How does that work? One variation is by using malware designed to steal your sensitive information.

A hacker who is skilled at programming writes some malware. He offers his malware for sale at an online “malware store.”

Another criminal purchases that malware and starts sending out spam.

If you click on the link they send you, your computer is infected with the malware. The malware sits on the computer undetected and watches for certain sequences that look like credit card numbers, social security numbers, e-mail addresses, and similar information. At some point, it communicates back with the person who infected it, sending your information. Now they have your credit card number and the e-mail addresses of all your friends.

Once the hacker has a bunch of credit card numbers, they can offer them for sale at an online credit card number “store.”

Let’s consider the people that buy the cards or card numbers.
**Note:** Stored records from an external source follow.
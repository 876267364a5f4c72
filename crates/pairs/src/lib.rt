//! What a command is given: a plan file, with a job list that lends its names; or a job list, with its two tables drawn by
//! hand. Both come out as the bytes of a plan with the names of its jobs, so that a command is made once. Where nothing comes
//! out, it was said why.
#![tactic(auto)]

use drawing::plan::Plan;
use files::{complain, fail, send};
use jobtext::{Jobs, Names};
use page::Page;
use tabletext::Tables;

/// Where the tables of a pair are from: a plan file, whose names may be those of another list; or they were drawn by hand.
#[derive(Clone, Copy, PartialEq, Eq)]
pub enum Source {
    Plan,
    PlanOfOther,
    Drawn,
}

/// The file of the tables; the bytes of a plan, which the check may have something against; and the names of its jobs.
#[derive(Drop)]
pub struct Pair<'a> {
    pub path: &'a [u8],
    pub source: Source,
    bytes: Vec<u8>,
    names: Names,
}

impl Pair<'_> {
    /// The plan that a command is about.
    pub fn plan(&self) -> Plan<'_> {
        Plan {
            bytes: &self.bytes,
            names: &self.names,
        }
    }
}

/// Reads a text of jobs that stands in a file.
pub fn jobs_in(rt: &HostRuntime, path: &[u8], text: &[u8]) -> Option<Jobs> {
    match jobtext::read(rt.alloc(), text) {
        Ok(jobs) => Some(jobs),
        Err(mistake) => {
            complain(jobtext::put_mistake(Page::errors(rt), path, &mistake));
            None
        }
    }
}

/// Reads a file of jobs.
pub fn read_jobs(rt: &HostRuntime, path: &[u8]) -> Option<Jobs> {
    let text = files::read(rt, path)?;
    jobs_in(rt, path, &text)
}

// The bytes of a plan file, with the names of its jobs; they go by their numbers, where no text is given.
fn named<'a>(
    rt: &HostRuntime,
    path: &'a [u8],
    bytes: Vec<u8>,
    jobs: Option<&[u8]>,
) -> Option<Pair<'a>> {
    let mut pair = Pair {
        path,
        source: Source::Plan,
        bytes,
        names: Names::none(),
    };
    if let Some(jobs) = jobs {
        let Jobs { list, names } = read_jobs(rt, jobs)?;
        if list.as_slice() != pair.plan().list() {
            pair.source = Source::PlanOfOther;
        }
        pair.names = names;
    }
    Some(pair)
}

/// A plan file, with the names of its jobs.
pub fn planned<'a>(rt: &HostRuntime, path: &'a [u8], from: Option<&[u8]>) -> Option<Pair<'a>> {
    let bytes = files::read(rt, path)?;
    named(rt, path, bytes, from)
}

// Reads a text of tables that stands in a file.
fn tables_in(rt: &HostRuntime, path: &[u8], text: &[u8], jobs: &Jobs) -> Option<Tables> {
    match tabletext::read(rt.alloc(), text, &jobs.list, &jobs.names) {
        Ok(tables) => Some(tables),
        Err(mistake) => {
            complain(tabletext::put_mistake(Page::errors(rt), path, &mistake));
            None
        }
    }
}

// The bytes of a plan with the tables of a file.
fn joined(rt: &HostRuntime, path: &[u8], list: &[u8], tables: &Tables) -> Option<Vec<u8>> {
    match plans::join(rt.alloc(), list, &tables.low, &tables.high) {
        Ok(bytes) => Some(bytes),
        Err(e) => {
            fail(Page::errors(rt), path, e.into());
            None
        }
    }
}

// A list and the file of its tables. Where the list is refused the page says so, and the tables are not looked at.
fn with_tables<'a>(rt: &HostRuntime, jobs: Jobs, path: &'a [u8], page: Page) -> Option<Pair<'a>> {
    if let Err(no) = plans::check_list(&jobs.list) {
        send(words::tell(page, &jobs.list, &jobs.names, no));
        return None;
    }
    let text = files::read(rt, path)?;
    let tables = tables_in(rt, path, &text, &jobs)?;
    let bytes = joined(rt, path, &jobs.list, &tables)?;
    Some(Pair {
        path,
        source: Source::Drawn,
        bytes,
        names: jobs.names,
    })
}

/// A file of jobs and the file of its tables.
pub fn drawn<'a>(rt: &HostRuntime, jobs: &[u8], path: &'a [u8], page: Page) -> Option<Pair<'a>> {
    with_tables(rt, read_jobs(rt, jobs)?, path, page)
}

// Whether bytes are a text: every plan has a byte 0, also one that lost its end, and no text has.
fn is_text(s: &[u8]) -> bool {
    !s.is_empty() && !s.contains(&0)
}

/// PLAN [JOBS], or JOBS TABLES: what the first file is decides. The page is for what is against a list.
pub fn given<'a>(
    rt: &HostRuntime,
    path: &'a [u8],
    from: Option<&'a [u8]>,
    page: Page,
) -> Option<Pair<'a>> {
    let bytes = files::read(rt, path)?;
    match from {
        Some(tables) if is_text(&bytes) => {
            with_tables(rt, jobs_in(rt, path, &bytes)?, tables, page)
        }
        _ => named(rt, path, bytes, from),
    }
}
One of the ways they can use the credit card numbers is to make purchases online. They can buy electronics and other equipment. But, where would they have it shipped? If they ship it to their house, it’s only a matter of time before they get caught. Maybe they could send it to one of the stores that provides private mailboxes to the public. Even then, someone has to show up to pick up those packages.

But there is another way. They could advertise on craigslist. Or they could post a job listing with an online employment service. “Help wanted. Shipping manager to mail packages. We ship our equipment in bulk to you at the nearby mailbox store. You pick the packages up and repackage it to our customers. You get a percentage of all shipments.”
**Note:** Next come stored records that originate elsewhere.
//! What failed, and why, in the system's own words.
use crate::complain;
use page::{Page, less};
use std::fmt;
use std::fmt::Write;
use std::io::Error;
use text::{find, part};

// The bytes of the longest words that an error has, with its number.
const ROOM: usize = 320;

// An error's words: as the library writes them, with the error's number in brackets behind. The bytes are an array and no
// `String`: the error may be that memory has run out.
#[derive(Drop)]
struct Words {
    bytes: [u8; ROOM],
    size: usize,
}

impl Write for Words {
    fn write_str(&mut self, s: &str) -> fmt::Result {
        let size = self.size;
        self.size = put_in(&mut self.bytes, size, s.as_bytes());
        Ok(())
    }
}

// The call of `text` without its contract.
fn put_in(bytes: &mut [u8], at: usize, s: &[u8]) -> usize {
    text::put(bytes, at, s)
}

fn words_of(e: Error) -> Words {
    let mut words = Words {
        bytes: [0u8; ROOM],
        size: 0,
    };
    let _ = write!(words, "{e}");
    words
}

// What stands before the brackets, and before the blank in front of them.
fn before_number(s: &[u8]) -> &[u8] {
    let at = find(s, 0, b'(');
    if at == s.len() {
        return s;
    }
    part(s, 0, less(at, 1))
}

/// Says what failed, and why, and sends the page.
pub fn fail(page: Page, what: &[u8], e: Error) {
    let words = words_of(e);
    let reason = before_number(part(&words.bytes, 0, words.size));
    complain(page.put(what).put(b": ").line(reason));
}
Then, they can post another job listing. “Help wanted. Marketing Manager. Need self-starter to market electronic equipment we purchase in bulk from liquidators. You receive a percentage of all sales.” (There are other variations of “job listings” that criminals use to get unsuspecting people to do their dirty work for them.)

The crook has now involved others to do all the higher risk work for them. The credit cards are used to make purchases, which are shipped to their “employee,” who reships them to “customers” provided by the “marketing manager.” The crook collects the money and may (or may not) pay the “employees” what was promised. By the time the authorities figure out what is going on, the crook has cashed out and moved on to another group of “employees.”

That’s just ONE of many ways these stolen credit card numbers can be used.

So far, we have an online skimmer store, an “educational” site for hackers and associates, someone who purchases and installs skimmers, a malware writer, an online malware store, a spammer, a “shop” that manufactures credit cards from stolen credit card information, someone who buys the credit card numbers in bulk, and someone who sells or uses the credit card numbers. And that’s just the tip of the cybercrime iceberg.

It’s beginning to sound a little bit like the community where you can go shopping and find anything and everything you want or need.

Image of shopping center for cybercrime (same basic picture as above, but with stores catering to cybercriminals

That’s the reality of cybercrime today.

There may be some “individual” cybercriminals out there. But there is also a community, where all the individual services and products needed are available. You just need to go shopping!

You can find:

*   A place to learn how.

*   Places that sell products (skimmers, counterfeit credit cards, etc.)

*   Service providers (people to write malware, people who rent lists of thousands of e-mail addresses, people who have tens of thousands of computers under their control, people who buy and sell the credit card numbers you’ve obtained, people who can turn the credit card numbers into cash or products with little risk to you)

*   And much, much more.

Remember the picture painted last week of the hacker who reads your e-mail being in league with the house burglar? Not only is that a realistic picture, the reality goes far further. Cybercrime today is truly “organized crime.” Today’s cybercriminal isn’t a single person that does everything by himself. There is an established infrastructure, a community, that provides all the products and services the cybercriminal needs. All he needs to do is go shopping!